The price has collapsed from the consolidation around the 1.53 handle and plummeted almost 10 cents since the middle of November business with little two way action the way down. We are now trading at the lowest levels since June 2010.
So now where for GBP/USD?
Well, the Brexit scenario will certainly continue to weigh on the pound, especially as the media ramp up the hype over the coming months. “How the ‘Brexit’ risk premium evolves going forward will be very much linked to the ebb and flow of opinion polls. That was highlighted by the Scottish referendum in September 2014 which was an irrelevance for the markets until opinion polls suddenly shifted toward a vote for independence around 3 weeks prior to the vote,” explained analyst at BTMU.

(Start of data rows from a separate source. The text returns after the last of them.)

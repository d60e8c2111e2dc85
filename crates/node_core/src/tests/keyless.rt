// A node of a suite whose words never make a key pair.
ghost use Rattle.std.specs.Prelude.{◌≡◌, true, None, IfOk, refl};
ghost use Rattle.prim_std.specs.StandardParts.{standard_meaning};

use crate::{Node, NodePeel, NodeSetup};
use epoch_keys::Times;
use mix_base::{EncapFault, Kem, Memory, PairFault, Suite, Words};
use packet_form::Geometry;
use prim_std::{ChaCha, HmacMac, LabelKdf, Lioness};
use replay_disk::MemRack;
use std::alloc::Global;
use std::test::Fail;

/// No words make a pair, no public key decodes, and every ciphertext is refused. All lengths are 1.
#[derive(Drop)]
struct Keyless;

impl Kem for Keyless {
    ghost scheme = { record {
      public_key = 1;
      secret_key = 1;
      ciphertext = 1;
      coins = 1;
      pair = λ words. None;
      encapsulate = λ key coins. None;
      decapsulate = λ key ciphertext. None;
    } };

    ghost PK = { 1 };

    ghost SK = { 1 };

    ghost CT = { 1 };

    ghost COINS = { 1 };

    ghost LEAN = { true };

    const PK: usize = 1;

    const SK: usize = 1;

    const CT: usize = 1;

    const COINS: usize = 1;

    const LEAN: bool = true;

    fn pair<W: Words>(
        _alloc: Global,
        _words: &mut W,
        _pk: &mut [u8],
        _sk: &mut [u8],
    ) -> Result<(), PairFault> {
        Err(PairFault::NoKey)
    }

    fn encap(
        _alloc: Global,
        _pk: &[u8],
        _coins: &[u32],
        _ct: &mut [u8],
        _secret: &mut [u8; 32],
    ) -> Result<(), EncapFault> {
        Err(EncapFault::KeyForm)
    }

    fn decap(
        _alloc: Global,
        _sk: &[u8],
        _ct: &[u8],
        _secret: &mut [u8; 32],
    ) -> Result<bool, Memory> {
        Ok(false)
    }

    ghost public_key_length = { refl };

    ghost secret_key_length = { refl };

    ghost ciphertext_length = { refl };

    ghost coins_length = { refl };
}

/// This mechanism with the standard parts.
#[derive(Drop)]
struct KeylessSuite;

impl Suite for KeylessSuite {
    type K = Keyless;

    type M = HmacMac;

    type D = LabelKdf;

    type C = ChaCha;

    type W = Lioness;

    ghost meaning = { standard_meaning ⟦<Keyless as Kem>⟧.scheme };

    ghost made_of_parts = { refl };
}

/// A node of this suite over one empty rack.
fn keyless_node(alloc: Global) -> Result<Node<MemRack, KeylessSuite>, Fail>
    ensures ciphertext { IfOk result (λ node. node.setup.geo.ct ≡ 1) }
    ensures next { IfOk result (λ node. node.next ≡ 1) }
{
    let setup = NodeSetup {
        geo: Geometry::new(1, 5, 64)?,
        shards: 1,
        times: Times::new(1_200_000, 120_000)?,
        seed: [0; 32],
        limit: 100,
    };
    match Node::new(alloc, vec![in alloc; MemRack::new(alloc)]?, setup) {
        Ok(node) => Ok(node),
        Err((_, memory)) => Err(Fail::from(memory)),
    }
}

/// The key that is missing is named before the packet's length is judged, and the arrival stays.
#[test]
fn an_epoch_without_a_pair_is_named_and_the_arrival_stays(rt: HostRuntime) -> Result<(), Fail> {
    let alloc = rt.alloc();
    let mut node = keyless_node(alloc)?;
    node.recv(1000, vec![in alloc; 0; 10]?)?;
    assert!(rt; node.peel(alloc, 0) == Err(NodePeel::NoKey { epoch: 0 }));
    assert!(rt; node.peel(alloc, 1) == Err(NodePeel::NoKey { epoch: 0 }));
    Ok(())
}
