// Lengths and boundaries of geometries, and commands at each boundary of their grammar, both ways.
use crate::{Cmds, Exit, Geometry, GeometryFault, read_cmds, write_cmds};
use std::test::Fail;

const ID: [u8; 32] = [0x11; 32];

const MAC: [u8; 32] = [0x22; 32];

const SURB: [u8; 16] = [0x44; 16];

/// The sizes and lengths of a geometry: ciphertext, hops and body; slot, routing information and header; block,
/// payload and packet.
type Lengths = ([usize; 3], [usize; 3], [usize; 3]);

fn lengths_of(geo: &Geometry) -> Lengths {
    (
        [geo.ct(), geo.hops(), geo.body()],
        [geo.slot(), geo.routing(), geo.header()],
        [geo.block(), geo.payload(), geo.packet()],
    )
}

#[test]
fn lengths_of_a_geometry(rt: HostRuntime) -> Result<(), Fail> {
    let rows: [Lengths; 5] = [
        ([48, 5, 64], [120, 600, 682], [842, 940, 1622]),
        ([1047, 5, 2000], [1119, 5595, 6676], [6836, 8870, 15546]),
        ([48, 1, 200], [120, 120, 202], [362, 596, 798]),
        ([0, 1, 1], [72, 72, 106], [266, 301, 407]),
        ([4096, 5, 4096], [4168, 20840, 24970], [25130, 29260, 54230]),
    ];
    for row in rows {
        let [ct, hops, body] = row.0;
        if ct > 4096 {
            return Err(Fail::from("a ciphertext past the limit"));
        }
        let Ok(geo) = Geometry::new(ct, hops, body) else {
            return Err(Fail::from("no geometry"));
        };
        assert_eq!(rt; lengths_of(&geo), row);
    }
    Ok(())
}

#[test]
fn hops_are_judged_before_the_body(rt: HostRuntime) {
    let rows = [
        (0, 64, Some(GeometryFault::Hops)),
        (1, 64, None),
        (5, 64, None),
        (6, 64, Some(GeometryFault::Hops)),
        (6, 0, Some(GeometryFault::Hops)),
        (0, 4097, Some(GeometryFault::Hops)),
        (usize::MAX, 64, Some(GeometryFault::Hops)),
        (5, 0, Some(GeometryFault::Body)),
        (5, 1, None),
        (5, 4096, None),
        (5, 4097, Some(GeometryFault::Body)),
        (1, usize::MAX, Some(GeometryFault::Body)),
    ];
    for (hops, body, fault) in rows {
        assert_eq!(rt; Geometry::new(48, hops, body).err(), fault);
    }
}

/// These bytes with zeros behind them, up to the 72 of a slot.
fn slot(parts: &[&[u8]]) -> [u8; 72] {
    let mut bytes = [0; 72];
    let mut at = 0;
    for part in parts {
        for byte in *part {
            if at < 72 {
                bytes[at] = *byte;
                at += 1;
            }
        }
    }
    bytes
}

/// The slot with another byte at a place.
fn changed(mut bytes: [u8; 72], place: usize, byte: u8) -> [u8; 72] {
    if place < 72 {
        bytes[place] = byte;
    }
    bytes
}

const HOP: Exit = Exit::Hop {
    id: [0x11; 32],
    mac: [0x22; 32],
};

const RECIPIENT: Exit = Exit::Recipient { id: [0x11; 32] };

const REPLY: Exit = Exit::Reply {
    id: [0x11; 32],
    surb: [0x44; 16],
};

#[test]
fn commands_are_written_and_read_as_their_grammar_says(rt: HostRuntime) -> Result<(), Fail> {
    let rows = [
        (None, HOP, slot(&[&[1], &ID, &MAC])),
        (None, RECIPIENT, slot(&[&[2], &ID])),
        (None, REPLY, slot(&[&[2], &ID, &[3], &SURB])),
        (Some(0), HOP, slot(&[&[0x80, 0, 0, 0, 0, 1], &ID, &MAC])),
        (Some(0), RECIPIENT, slot(&[&[0x80, 0, 0, 0, 0, 2], &ID])),
        (
            Some(500),
            REPLY,
            slot(&[&[0x80, 0, 0, 1, 0xf4, 2], &ID, &[3], &SURB]),
        ),
        (
            Some(10_800_000),
            HOP,
            slot(&[&[0x80, 0, 0xa4, 0xcb, 0x80, 1], &ID, &MAC]),
        ),
    ];
    for (delay, exit, bytes) in rows {
        let cmds = Cmds { delay, exit };
        assert_eq!(rt; read_cmds(&bytes), Some(cmds));
        if !cmds.is_allowed() {
            return Err(Fail::from("a delay that is too long"));
        }
        assert_eq!(rt; write_cmds(&cmds), bytes);
    }
    let late = Cmds {
        delay: Some(10_800_001),
        exit: HOP,
    };
    assert!(rt; !late.is_allowed());
    Ok(())
}

#[test]
fn bytes_outside_the_grammar_are_no_commands(rt: HostRuntime) {
    let hop = slot(&[&[1], &ID, &MAC]);
    let late_hop = slot(&[&[0x80, 0, 0xa4, 0xcb, 0x80, 1], &ID, &MAC]);
    let recipient = slot(&[&[2], &ID]);
    let reply = slot(&[&[2], &ID, &[3], &SURB]);
    let rows = [
        [0; 72],
        // a delay that is too long
        slot(&[&[0x80, 0, 0xa4, 0xcb, 0x81, 1], &ID, &MAC]),
        slot(&[&[0x80, 0xff, 0xff, 0xff, 0xff, 2], &ID]),
        // a byte behind the last command
        changed(late_hop, 70, 1),
        changed(late_hop, 71, 1),
        changed(hop, 65, 1),
        changed(hop, 71, 1),
        changed(recipient, 33, 1),
        changed(recipient, 33, 4),
        changed(recipient, 34, 1),
        changed(recipient, 71, 1),
        changed(reply, 50, 1),
        changed(reply, 71, 1),
        // a reply behind a next hop, and one without a recipient
        changed(hop, 65, 3),
        slot(&[&[3], &SURB]),
        // a delay alone, two delays, and a delay behind the exit
        slot(&[&[0x80, 0, 0, 0, 1]]),
        slot(&[&[0x80, 0, 0, 0, 1, 0x80, 0, 0, 0, 1, 2], &ID]),
        slot(&[&[2], &ID, &[0x80, 0, 0, 0, 1]]),
        // two exits
        slot(&[&[2], &ID, &[2], &ID]),
        // first bytes that begin nothing
        changed(recipient, 0, 4),
        changed(recipient, 0, 0x81),
        changed(recipient, 0, 0x7f),
    ];
    for bytes in rows {
        assert_eq!(rt; read_cmds(&bytes), None);
    }
}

Another major factor in the pound is the massive account deficit. “The current account deficit totalled GBP 86.7bn in the four quarters to Q3 2015, some 4.7% of GDP. However, the total net FDI inflow in the same period amounted to GBP 84.8bn, effectively entirely financing the deficit. That FDI net inflow may well now diminish along with portfolio inflows and we certainly see the prospect of GBP/USD falling below the 1.4000 level temporarily as opinion polls sway back and forth.” explained the analyst at BTMU. However, they finished on a positive note, “Prospects for the pound will improve dramatically post- referendum assuming the UK votes to remain in the EU (our current view). That would pave the way for a BOE rate hike in August and a rebound in GBP/USD back above the 1.5000 level. Our year-end target is 1.5600.”
GBP/USD levels
Technically, GBP/USD is eroding the 30 year trend line support having scored below 1.4385 in recent trade. A break of 1.4350 would be significant and tally up with the analysts at BTMU’s outlook. Karen Jones, chief analyst at Commerzbank explained, “We noted the 13 count and the TD perfected set up on the daily chart and favour a small near term rebound. Directly above the market lies the accelerated downtrend at 1.4588, in order to alleviate downside pressure, a close above here will be needed.”